Recycled Material Supplies pleaded guilty to offences under Section 33(1)(a) of the Health and Safety at Work etc. Act after failing to fulfil duties under Sections 2 and 3 of the Act.
The company was sentenced at Southwark Crown Court on 5 May 2026, where it was also ordered to pay £16,195 in costs.
The case followed an investigation by the Health and Safety Executive (HSE), which found employees, agency workers and other people on site had been put at risk of death or serious personal injury.
HSE enforcement lawyer Rebecca Schwartz said “This company put the lives of its workers at danger in a number of ways.

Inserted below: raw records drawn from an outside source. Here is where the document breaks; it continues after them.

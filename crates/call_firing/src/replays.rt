// Replay of a list of transitions on a plan or a slice.
ghost use Rattle.std.specs.Prelude.{◌≡◌, length};
ghost use Rattle.promise.specs.Firing.{replay_answer, replay_marking};
ghost use Rattle.replay.specs.Told.{outcome_numbers};

use file_header::Due;
use refusals::Refusal;
use replay::Outcome;

// Refused: the file's number; 11 or 12 for the list; 13 where the marking has fewer entries than the file has places.
pub fn replay(file: &[u8], list: &[u16], marking: &mut [u64]) -> Result<Outcome, Refusal>
    ensures answer { outcome_numbers result ≡ replay_answer file.now list.now (length marking.old) }
    ensures marking { marking.new ≡ replay_marking file.now list.now marking.old }
{
    let read = file::read(file, Due::Either);
    let Ok(h) = read else {
        return Err(read.unwrap_err());
    };
    replay::replay(file, h, list, marking)
}
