// A run of a plan and its shadow in a slice.
ghost use Rattle.std.specs.Prelude.{◌≡◌, false, length, take};
ghost use Rattle.promise.specs.Shadow.{shadow_answer, shadow_marking, shadow_output, FollowedIn};
ghost use Rattle.shadow.specs.Told.{shadow_numbers};

use file_header::Due;
use refusals::Refusal;
use shadow::Shadow;

// Refused: the plan's number, then the slice's; 11 or 12 for the list; 13 where the marking has fewer entries than the plan has places,
// or `out` fewer than the projection of what is fired.
pub fn shadow(
    plan: &[u8],
    slice: &[u8],
    list: &[u16],
    marking: &mut [u64],
    out: &mut [u16],
) -> Result<Shadow, Refusal>
    ensures answer { shadow_numbers result ≡ shadow_answer plan.now slice.now list.now (length marking.old) (length out.old) }
    ensures marking { marking.new ≡ shadow_marking plan.now slice.now list.now marking.old out.old }
    ensures output { out.new ≡ shadow_output plan.now slice.now list.now marking.old out.old }
    ensures followed { (shadow_numbers result).run.refused ≡ false → FollowedIn plan.now slice.now (take (shadow_numbers result).count out.new) marking.new }
{
    let first = file::read(plan, Due::Plan);
    let Ok(p) = first else {
        return Err(first.unwrap_err());
    };
    let second = file::read(slice, Due::Slice);
    let Ok(s) = second else {
        return Err(second.unwrap_err());
    };
    shadow::shadow_of(plan, p, slice, s, list, marking, out)
}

“Given the size and weight of skips, the potential consequences of any collapse were potentially catastrophic.
“The waste and recycling industry has a poor safety record and it is only due to sheer good fortune that nobody was seriously injured or killed.”
Pedestrians put in path of moving vehicles
Inspectors visited the company’s Ashleigh Commercial Estate site on 11 August 2022 and observed multiple health and safety failings.
Various vehicles, including tipper lorries and loading shovels, were operating freely around the yard, while the designated pedestrian entrance had been chained and padlocked.
As a result, pedestrians were forced to use the same entrance route as heavy goods vehicles, with no effective segregation measures, designated walkways or crossing points in place.
Although the company had produced a visual traffic management plan, HSE found it was neither visible to staff nor visitors and had become outdated following changes to the site layout.
Investigators said the plan failed to address key pedestrian movements, including routes across the yard to welfare facilities such as toilets.
Unsafe skip stacks posed collapse risk
The site also had unsafe skip storage practices, with skips stacked as high as three units in some areas. Several of the skips were deformed, increasing the instability of the stacks and raising the likelihood of collapse or falling materials.
The skips had been stacked in areas regularly accessed by workers on foot and by vehicles, creating what HSE described as a significant risk of serious injury or death.
The concerns prompted a further HSE visit 11 days later after improvement notices had been served on the company requiring remedial action within a specified timeframe.
The subsequent investigation found the company had previously been subject to enforcement action.
In 2019, prohibition notices had been issued in relation to stockpiling and risks associated with collapse.
Schwartz added: “The fact this company had previously been made aware of its legal duties, makes this case the more stark.
“We take these failures seriously and will hold those to account who fail to keep their workers and other people safe.”
What on earth is going through someone’s mind to stack those skips like that and think, “Yep, it looks safe”?
It’s absolutely beyond me how the management at that site can just walk by these serious hazards and pretend they don’t exist.
No wonder this industry has such a terrible reputation when it comes to workplace safety.